Tuesday, April 13, 2004

Allez, Cuisine!



It has been established in this journal that I'm a foodie - I watch cooking shows. I experiment with recipes from the newspaper. I even read recipe books. And as a foodie, I'm getting pretty excited about the upcoming Iron Chef America specials that are coming up on Food TV the weekend of the 23rd.

For those of you who have not encountered it, the original Iron Chef is a Japanese import: two parts cooking show, two parts sports match.
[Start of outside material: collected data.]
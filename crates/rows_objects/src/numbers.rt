//! Numbers of classes, codes, object types and properties, both ways: `class 2 -> Property`.

use primitives::{ErrorClass, ErrorCode, ObjectType, Property};
use sheets::{Counts, Part, Stop, differs, refusal, run_text, two_words};
use std::alloc::Global;
use std::fmt;
use words::parse_number;

/// Runs a row of a number.
pub(crate) fn run(alloc: Global, asked: &str, wanted: &str) -> Result<Counts, Stop> {
    let (kind, word) = two_words(asked);
    let number = parse_number(word)?;
    run_text(meaning(alloc, kind, number)?, wanted)
}

/// What a number of this kind stands for.
fn meaning(alloc: Global, kind: &str, number: u32) -> Result<String, Stop> {
    match kind {
        "class" => {
            let class = ErrorClass::from(number);
            named(alloc, &class, number, u32::from(class))
        }
        "code" => {
            let code = ErrorCode::from(number);
            named(alloc, &code, number, u32::from(code))
        }
        "type" => object_type(alloc, number),
        "property" => property(alloc, number),
        _ => Err(Stop::Unread(Part::Asked)),
    }
}

/// The name of what a number stands for, which is written as that number again.
fn named<T: fmt::Debug>(alloc: Global, value: &T, asked: u32, number: u32) -> Result<String, Stop> {
    if number != asked {
        return Err(differs(alloc, "another number where it is written"));
    }
    Ok(format!(in alloc; "{value:?}")?)
}

/// An object type.
fn object_type(alloc: Global, number: u32) -> Result<String, Stop> {
    let Ok(octets) = u16::try_from(number) else {
        return Err(Stop::Unread(Part::Number));
    };
    match ObjectType::try_from(octets) {
        Ok(kind) => named(alloc, &kind, number, u32::from(u16::from(kind))),
        Err(fault) => refusal(alloc, fault),
    }
}

/// A property, with whether it is required and whether it is an array.
fn property(alloc: Global, number: u32) -> Result<String, Stop> {
    let property = match Property::try_from(number) {
        Ok(property) => property,
        Err(fault) => return refusal(alloc, fault),
    };
    let need = if property.is_required() {
        "required"
    } else {
        "optional"
    };
    let form = if property.is_array() { ", array" } else { "" };
    let name = named(alloc, &property, number, u32::from(property))?;
    Ok(format!(in alloc; "{name}, {need}{form}")?)
}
The host (Chairman Kaga, looking like a mad scientist in sequins) has supposedly recruited the best chefs in Japan, his Iron Chefs, and challengers come in every show to cook-off against them in a 1-hour time limit with a mystery ingredient (Crab! Summer Squash! Sea Cucumber!). A panel of celebrity experts (ranging from singers and actors to a fortune teller and a member of the Lower House) judge the meals. The Iron Chefs win two times out of three, and the cooking is given a play-by-play by a baseball announcer and a color commentator. The show has its own ritual pattern, and has a wide audience. It can currently be found on Food Network at about 11 PM every weeknight now.

So this show was incredibly popular in Japan, and a cult hit (with dubbing and subtitles) in America. So they decided to do an American version, and UPN hosted two Iron Chef America specials.

And they were horrible. Pretty much the definition of someone taking an idea and just not understanding what it was that made it popular in the first place. They filmed it in Vegas. They had a loud studio audience with pre-made signs. They had it hosted by Bill Shatner. No one had heard of the chefs. It was a badly-congealed mess. After the first one, they shifted the second special to a time slot where it would do minimal damage (hey, its UPN), and everyone figured the Iron Chef was done.

But Food Network, who has done very well off the original Iron Chef shows, has resurrected the idea with its own specials, and it looks like they get "it". First off, the American Iron Chefs are recognizable names to Foodies - these are guys with their own shows on the Food Network and on PBS - Bobby Flay, Mario Batali, and Wolfgang Puck. Then they invite as the first challengers two of the Japanese Iron Chefs - Hiroyuki Sakai and Masaharu Morimoto (Mormimoto has a resturant in Philly, and Sakai is opening one in Hawaii, so they've got their own investment in hitting the American audience). Instant name recognition.

And I heard the kicker today - the color commentary for the show will be Alton Brown, who (of course) has his OWN show on Food TV, the cerebral and entertaining Good Eats. Alton would have been my choice for color commentator that knows his stuff. Still don't know who the "chairman/host" will be of the show.

This, for all intents and purposes, is a good matchup, and I have high hopes for this. I mean, better than the hopes I had for the first Star Trek movie. This is really appealing to my food geekiness. Cool!